§ **Directions**
Among the entries below, find the lines with the word "these" and copy them.

§ **Collected data**
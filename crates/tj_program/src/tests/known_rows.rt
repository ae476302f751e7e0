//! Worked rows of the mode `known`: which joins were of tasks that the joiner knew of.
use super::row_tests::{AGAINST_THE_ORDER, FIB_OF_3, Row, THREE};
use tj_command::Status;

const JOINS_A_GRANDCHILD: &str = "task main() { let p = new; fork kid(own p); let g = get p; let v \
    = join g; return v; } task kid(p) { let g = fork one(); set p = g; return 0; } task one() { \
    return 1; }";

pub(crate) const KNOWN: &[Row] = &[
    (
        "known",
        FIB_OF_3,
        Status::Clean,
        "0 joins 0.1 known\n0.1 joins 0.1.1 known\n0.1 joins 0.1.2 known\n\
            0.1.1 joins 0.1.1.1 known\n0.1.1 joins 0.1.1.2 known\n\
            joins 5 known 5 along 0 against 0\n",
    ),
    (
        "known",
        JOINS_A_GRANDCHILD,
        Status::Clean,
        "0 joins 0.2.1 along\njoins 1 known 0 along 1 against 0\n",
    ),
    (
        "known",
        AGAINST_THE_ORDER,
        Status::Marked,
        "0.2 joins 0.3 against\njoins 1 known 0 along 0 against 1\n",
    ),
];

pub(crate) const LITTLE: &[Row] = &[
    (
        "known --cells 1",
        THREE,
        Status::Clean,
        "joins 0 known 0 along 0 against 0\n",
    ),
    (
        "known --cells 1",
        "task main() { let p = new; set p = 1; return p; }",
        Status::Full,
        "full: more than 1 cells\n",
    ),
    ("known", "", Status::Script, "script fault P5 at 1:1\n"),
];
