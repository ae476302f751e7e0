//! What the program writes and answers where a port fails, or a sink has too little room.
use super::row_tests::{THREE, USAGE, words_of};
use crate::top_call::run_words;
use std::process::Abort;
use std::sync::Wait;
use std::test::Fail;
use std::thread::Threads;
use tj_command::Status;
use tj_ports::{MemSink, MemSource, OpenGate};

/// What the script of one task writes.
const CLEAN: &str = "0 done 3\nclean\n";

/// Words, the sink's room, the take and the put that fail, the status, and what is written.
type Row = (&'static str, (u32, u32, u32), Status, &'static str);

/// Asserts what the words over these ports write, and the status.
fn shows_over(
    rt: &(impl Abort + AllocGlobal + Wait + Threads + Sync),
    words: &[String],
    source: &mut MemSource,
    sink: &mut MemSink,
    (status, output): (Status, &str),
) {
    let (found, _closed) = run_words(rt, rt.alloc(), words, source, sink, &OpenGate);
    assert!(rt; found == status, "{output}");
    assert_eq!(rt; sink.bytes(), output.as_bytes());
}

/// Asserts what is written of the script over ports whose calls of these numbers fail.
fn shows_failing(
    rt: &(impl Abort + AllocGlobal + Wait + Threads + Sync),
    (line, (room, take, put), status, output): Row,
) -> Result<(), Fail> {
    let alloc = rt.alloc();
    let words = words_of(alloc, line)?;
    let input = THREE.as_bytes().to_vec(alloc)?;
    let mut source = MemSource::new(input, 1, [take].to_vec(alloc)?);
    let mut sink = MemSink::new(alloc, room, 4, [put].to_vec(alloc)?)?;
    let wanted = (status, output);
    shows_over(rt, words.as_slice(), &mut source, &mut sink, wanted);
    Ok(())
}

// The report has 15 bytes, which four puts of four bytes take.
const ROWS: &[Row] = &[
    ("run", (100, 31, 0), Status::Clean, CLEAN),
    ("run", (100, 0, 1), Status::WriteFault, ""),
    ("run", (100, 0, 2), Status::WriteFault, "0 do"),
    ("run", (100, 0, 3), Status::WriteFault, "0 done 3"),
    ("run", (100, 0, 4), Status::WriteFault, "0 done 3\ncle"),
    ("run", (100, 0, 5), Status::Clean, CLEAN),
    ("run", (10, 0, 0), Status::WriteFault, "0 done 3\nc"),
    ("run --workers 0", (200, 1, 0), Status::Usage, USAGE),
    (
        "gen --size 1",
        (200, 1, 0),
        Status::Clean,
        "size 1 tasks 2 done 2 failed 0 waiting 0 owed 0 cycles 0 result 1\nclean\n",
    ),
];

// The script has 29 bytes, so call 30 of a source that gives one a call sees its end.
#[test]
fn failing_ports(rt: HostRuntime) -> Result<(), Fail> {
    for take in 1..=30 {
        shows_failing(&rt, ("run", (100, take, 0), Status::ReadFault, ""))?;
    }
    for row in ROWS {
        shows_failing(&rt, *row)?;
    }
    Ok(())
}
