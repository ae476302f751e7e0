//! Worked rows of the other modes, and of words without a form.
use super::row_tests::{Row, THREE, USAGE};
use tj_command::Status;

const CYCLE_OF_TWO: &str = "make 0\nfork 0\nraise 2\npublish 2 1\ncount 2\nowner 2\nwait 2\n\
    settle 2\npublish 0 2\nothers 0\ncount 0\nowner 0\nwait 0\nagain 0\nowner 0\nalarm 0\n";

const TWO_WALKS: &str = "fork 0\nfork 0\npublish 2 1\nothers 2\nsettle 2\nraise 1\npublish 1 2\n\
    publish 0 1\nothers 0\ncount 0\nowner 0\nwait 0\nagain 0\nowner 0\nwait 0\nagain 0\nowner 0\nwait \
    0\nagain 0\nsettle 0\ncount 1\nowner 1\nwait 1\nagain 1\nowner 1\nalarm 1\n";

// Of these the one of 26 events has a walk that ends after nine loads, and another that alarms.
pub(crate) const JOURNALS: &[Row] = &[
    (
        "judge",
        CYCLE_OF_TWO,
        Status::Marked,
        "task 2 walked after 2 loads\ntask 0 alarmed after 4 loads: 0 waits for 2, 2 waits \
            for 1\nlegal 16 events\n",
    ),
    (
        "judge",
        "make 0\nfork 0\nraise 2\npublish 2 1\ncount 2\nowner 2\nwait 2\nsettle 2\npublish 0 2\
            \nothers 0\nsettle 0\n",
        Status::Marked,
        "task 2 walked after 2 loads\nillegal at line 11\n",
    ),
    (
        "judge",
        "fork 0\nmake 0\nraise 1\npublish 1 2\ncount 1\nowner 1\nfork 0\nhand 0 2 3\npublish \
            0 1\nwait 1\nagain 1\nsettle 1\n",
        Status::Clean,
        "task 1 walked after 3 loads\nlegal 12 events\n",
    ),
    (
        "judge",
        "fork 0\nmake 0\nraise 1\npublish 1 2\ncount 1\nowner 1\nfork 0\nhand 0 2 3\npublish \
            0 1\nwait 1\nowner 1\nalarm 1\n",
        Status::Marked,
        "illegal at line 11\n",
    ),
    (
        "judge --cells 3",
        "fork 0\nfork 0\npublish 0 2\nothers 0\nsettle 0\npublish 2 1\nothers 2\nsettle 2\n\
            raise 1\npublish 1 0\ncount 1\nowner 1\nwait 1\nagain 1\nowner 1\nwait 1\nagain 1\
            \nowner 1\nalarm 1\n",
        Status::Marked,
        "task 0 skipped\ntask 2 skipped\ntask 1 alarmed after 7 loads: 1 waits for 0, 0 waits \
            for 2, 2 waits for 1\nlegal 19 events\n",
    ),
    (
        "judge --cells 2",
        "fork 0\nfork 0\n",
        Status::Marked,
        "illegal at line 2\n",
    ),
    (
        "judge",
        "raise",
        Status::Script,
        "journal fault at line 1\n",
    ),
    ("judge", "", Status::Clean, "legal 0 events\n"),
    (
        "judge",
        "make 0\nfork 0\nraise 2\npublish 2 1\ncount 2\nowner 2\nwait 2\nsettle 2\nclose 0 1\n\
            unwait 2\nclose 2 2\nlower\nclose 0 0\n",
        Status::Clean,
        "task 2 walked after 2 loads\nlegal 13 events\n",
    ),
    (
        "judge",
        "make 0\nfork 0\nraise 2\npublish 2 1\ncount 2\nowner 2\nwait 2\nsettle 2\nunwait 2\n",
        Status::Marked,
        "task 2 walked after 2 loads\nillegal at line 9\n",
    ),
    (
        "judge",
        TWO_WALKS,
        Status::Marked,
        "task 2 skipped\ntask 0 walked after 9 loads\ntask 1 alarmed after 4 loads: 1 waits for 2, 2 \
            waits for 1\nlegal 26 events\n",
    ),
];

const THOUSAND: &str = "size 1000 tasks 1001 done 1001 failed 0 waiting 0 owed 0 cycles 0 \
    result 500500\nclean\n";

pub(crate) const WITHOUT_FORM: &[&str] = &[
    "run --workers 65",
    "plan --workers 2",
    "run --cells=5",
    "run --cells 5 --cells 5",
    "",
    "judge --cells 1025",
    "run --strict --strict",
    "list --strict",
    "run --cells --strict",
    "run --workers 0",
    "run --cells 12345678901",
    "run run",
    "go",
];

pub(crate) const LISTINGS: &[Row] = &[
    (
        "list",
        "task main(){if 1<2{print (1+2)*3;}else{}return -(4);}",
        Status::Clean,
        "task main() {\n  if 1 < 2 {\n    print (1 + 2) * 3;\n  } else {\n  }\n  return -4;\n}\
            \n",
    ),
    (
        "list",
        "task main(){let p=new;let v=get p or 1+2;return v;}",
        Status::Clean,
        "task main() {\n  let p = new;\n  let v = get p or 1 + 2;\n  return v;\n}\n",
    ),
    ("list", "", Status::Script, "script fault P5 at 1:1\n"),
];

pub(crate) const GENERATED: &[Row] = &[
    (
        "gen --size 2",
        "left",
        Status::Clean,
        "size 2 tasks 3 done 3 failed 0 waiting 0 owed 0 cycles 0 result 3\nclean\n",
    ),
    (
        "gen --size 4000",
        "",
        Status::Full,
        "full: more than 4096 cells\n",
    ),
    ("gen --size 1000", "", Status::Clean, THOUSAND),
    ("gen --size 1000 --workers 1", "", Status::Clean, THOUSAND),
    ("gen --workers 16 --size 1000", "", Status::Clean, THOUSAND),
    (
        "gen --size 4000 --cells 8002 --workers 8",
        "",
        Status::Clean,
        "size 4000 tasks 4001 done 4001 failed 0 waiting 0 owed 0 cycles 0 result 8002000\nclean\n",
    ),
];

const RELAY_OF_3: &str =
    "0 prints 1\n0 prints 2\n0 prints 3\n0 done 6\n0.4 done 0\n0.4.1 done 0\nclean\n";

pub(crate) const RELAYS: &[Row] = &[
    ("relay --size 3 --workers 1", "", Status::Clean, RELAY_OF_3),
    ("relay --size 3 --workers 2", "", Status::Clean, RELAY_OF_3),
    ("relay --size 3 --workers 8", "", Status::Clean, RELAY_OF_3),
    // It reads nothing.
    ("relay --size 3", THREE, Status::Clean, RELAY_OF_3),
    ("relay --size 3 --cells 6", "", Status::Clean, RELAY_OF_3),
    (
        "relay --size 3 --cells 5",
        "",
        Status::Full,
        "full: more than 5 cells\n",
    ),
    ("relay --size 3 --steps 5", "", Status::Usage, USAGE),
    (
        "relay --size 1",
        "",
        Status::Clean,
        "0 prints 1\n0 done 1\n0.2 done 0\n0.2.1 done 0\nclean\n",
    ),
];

§ **Exercise output**
/// Asserts what the words over these ports write, and the status.
/// Asserts what is written of the script over ports whose calls of these numbers fail.
// Of these the one of 26 events has a walk that ends after nine loads, and another that alarms.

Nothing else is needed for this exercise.